Start of Block

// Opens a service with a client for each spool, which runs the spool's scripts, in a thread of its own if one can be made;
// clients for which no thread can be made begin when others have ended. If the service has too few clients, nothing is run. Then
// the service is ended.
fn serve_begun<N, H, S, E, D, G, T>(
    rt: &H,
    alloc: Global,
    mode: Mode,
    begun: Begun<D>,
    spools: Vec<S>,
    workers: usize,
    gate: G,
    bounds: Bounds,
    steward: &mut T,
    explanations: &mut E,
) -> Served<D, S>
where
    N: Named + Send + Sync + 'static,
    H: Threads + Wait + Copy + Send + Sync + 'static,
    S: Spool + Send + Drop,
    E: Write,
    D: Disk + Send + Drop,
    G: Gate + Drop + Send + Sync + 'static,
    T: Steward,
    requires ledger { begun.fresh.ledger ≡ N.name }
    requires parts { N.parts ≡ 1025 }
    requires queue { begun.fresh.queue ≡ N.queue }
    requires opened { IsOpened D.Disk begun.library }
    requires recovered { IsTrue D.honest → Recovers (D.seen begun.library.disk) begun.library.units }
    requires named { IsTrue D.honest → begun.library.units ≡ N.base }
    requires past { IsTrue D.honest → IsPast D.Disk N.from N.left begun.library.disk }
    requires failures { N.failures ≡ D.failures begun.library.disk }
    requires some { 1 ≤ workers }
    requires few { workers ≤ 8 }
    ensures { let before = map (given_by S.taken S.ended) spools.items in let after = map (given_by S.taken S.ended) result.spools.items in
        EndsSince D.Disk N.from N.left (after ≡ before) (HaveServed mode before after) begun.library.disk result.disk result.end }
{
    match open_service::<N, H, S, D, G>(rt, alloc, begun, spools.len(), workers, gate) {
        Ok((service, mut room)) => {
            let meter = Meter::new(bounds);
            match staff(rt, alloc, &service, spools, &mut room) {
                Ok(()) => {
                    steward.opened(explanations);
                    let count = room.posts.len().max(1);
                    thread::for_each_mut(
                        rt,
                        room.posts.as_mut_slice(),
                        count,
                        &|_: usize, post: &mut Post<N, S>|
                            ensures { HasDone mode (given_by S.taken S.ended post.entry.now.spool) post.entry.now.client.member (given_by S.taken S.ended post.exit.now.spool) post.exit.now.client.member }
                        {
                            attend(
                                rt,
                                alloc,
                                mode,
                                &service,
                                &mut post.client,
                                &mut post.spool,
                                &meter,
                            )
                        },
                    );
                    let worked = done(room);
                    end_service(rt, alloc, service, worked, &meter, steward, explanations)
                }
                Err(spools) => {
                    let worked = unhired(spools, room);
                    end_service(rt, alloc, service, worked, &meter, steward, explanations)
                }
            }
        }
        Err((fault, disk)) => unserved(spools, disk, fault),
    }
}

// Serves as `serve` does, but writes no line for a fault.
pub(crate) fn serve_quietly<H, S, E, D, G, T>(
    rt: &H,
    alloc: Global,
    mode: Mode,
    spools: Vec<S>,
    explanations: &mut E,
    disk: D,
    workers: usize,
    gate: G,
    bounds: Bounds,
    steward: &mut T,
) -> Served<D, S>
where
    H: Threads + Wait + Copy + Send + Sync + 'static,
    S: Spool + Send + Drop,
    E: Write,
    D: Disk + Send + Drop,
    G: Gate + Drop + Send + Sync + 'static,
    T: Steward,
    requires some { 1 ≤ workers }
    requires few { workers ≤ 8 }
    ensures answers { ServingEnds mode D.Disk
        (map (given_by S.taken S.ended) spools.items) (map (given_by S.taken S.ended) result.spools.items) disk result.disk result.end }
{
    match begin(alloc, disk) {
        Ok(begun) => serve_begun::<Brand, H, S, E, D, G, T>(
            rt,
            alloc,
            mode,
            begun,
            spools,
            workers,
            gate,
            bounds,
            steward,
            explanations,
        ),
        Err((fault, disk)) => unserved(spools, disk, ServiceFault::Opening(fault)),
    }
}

End of Block

Repeat the material from above exactly, word for word.

• [Finished exercise]:
// Opens a service with a client for each spool, which runs the spool's scripts, in a thread of its own if one can be made;
// clients for which no thread can be made begin when others have ended. If the service has too few clients, nothing is run. Then
// the service is ended.
fn serve_begun<N, H, S, E, D, G, T>(
    rt: &H,
    alloc: Global,
    mode: Mode,
    begun: Begun<D>,
    spools: Vec<S>,
    workers: usize,
    gate: G,
    bounds: Bounds,
    steward: &mut T,
    explanations: &mut E,
) -> Served<D, S>
where
    N: Named + Send + Sync + 'static,
    H: Threads + Wait + Copy + Send + Sync + 'static,
    S: Spool + Send + Drop,
    E: Write,
    D: Disk + Send + Drop,
    G: Gate + Drop + Send + Sync + 'static,
    T: Steward,
    requires ledger { begun.fresh.ledger ≡ N.name }
    requires parts { N.parts ≡ 1025 }
    requires queue { begun.fresh.queue ≡ N.queue }
    requires opened { IsOpened D.Disk begun.library }
    requires recovered { IsTrue D.honest → Recovers (D.seen begun.library.disk) begun.library.units }
    requires named { IsTrue D.honest → begun.library.units ≡ N.base }
    requires past { IsTrue D.honest → IsPast D.Disk N.from N.left begun.library.disk }
    requires failures { N.failures ≡ D.failures begun.library.disk }
    requires some { 1 ≤ workers }
    requires few { workers ≤ 8 }
    ensures { let before = map (given_by S.taken S.ended) spools.items in let after = map (given_by S.taken S.ended) result.spools.items in
        EndsSince D.Disk N.from N.left (after ≡ before) (HaveServed mode before after) begun.library.disk result.disk result.end }
{
    match open_service::<N, H, S, D, G>(rt, alloc, begun, spools.len(), workers, gate) {
        Ok((service, mut room)) => {
            let meter = Meter::new(bounds);
            match staff(rt, alloc, &service, spools, &mut room) {
                Ok(()) => {
                    steward.opened(explanations);
                    let count = room.posts.len().max(1);
                    thread::for_each_mut(
                        rt,
                        room.posts.as_mut_slice(),
                        count,
                        &|_: usize, post: &mut Post<N, S>|
                            ensures { HasDone mode (given_by S.taken S.ended post.entry.now.spool) post.entry.now.client.member (given_by S.taken S.ended post.exit.now.spool) post.exit.now.client.member }
                        {
                            attend(
                                rt,
                                alloc,
                                mode,
                                &service,
                                &mut post.client,
                                &mut post.spool,
                                &meter,
                            )
                        },
                    );
                    let worked = done(room);
                    end_service(rt, alloc, service, worked, &meter, steward, explanations)
                }
                Err(spools) => {
                    let worked = unhired(spools, room);
                    end_service(rt, alloc, service, worked, &meter, steward, explanations)
                }
            }
        }
        Err((fault, disk)) => unserved(spools, disk, fault),
    }
}

// Serves as `serve` does, but writes no line for a fault.
pub(crate) fn serve_quietly<H, S, E, D, G, T>(
    rt: &H,
    alloc: Global,
    mode: Mode,
    spools: Vec<S>,
    explanations: &mut E,
    disk: D,
    workers: usize,
    gate: G,
    bounds: Bounds,
    steward: &mut T,
) -> Served<D, S>
where
    H: Threads + Wait + Copy + Send + Sync + 'static,
    S: Spool + Send + Drop,
    E: Write,
    D: Disk + Send + Drop,
    G: Gate + Drop + Send + Sync + 'static,
    T: Steward,
    requires some { 1 ≤ workers }
    requires few { workers ≤ 8 }
    ensures answers { ServingEnds mode D.Disk
        (map (given_by S.taken S.ended) spools.items) (map (given_by S.taken S.ended) result.spools.items) disk result.disk result.end }
{
    match begin(alloc, disk) {
        Ok(begun) => serve_begun::<Brand, H, S, E, D, G, T>(
            rt,
            alloc,
            mode,
            begun,
            spools,
            workers,
            gate,
            bounds,
            steward,
            explanations,
        ),
        Err((fault, disk)) => unserved(spools, disk, ServiceFault::Opening(fault)),
    }
}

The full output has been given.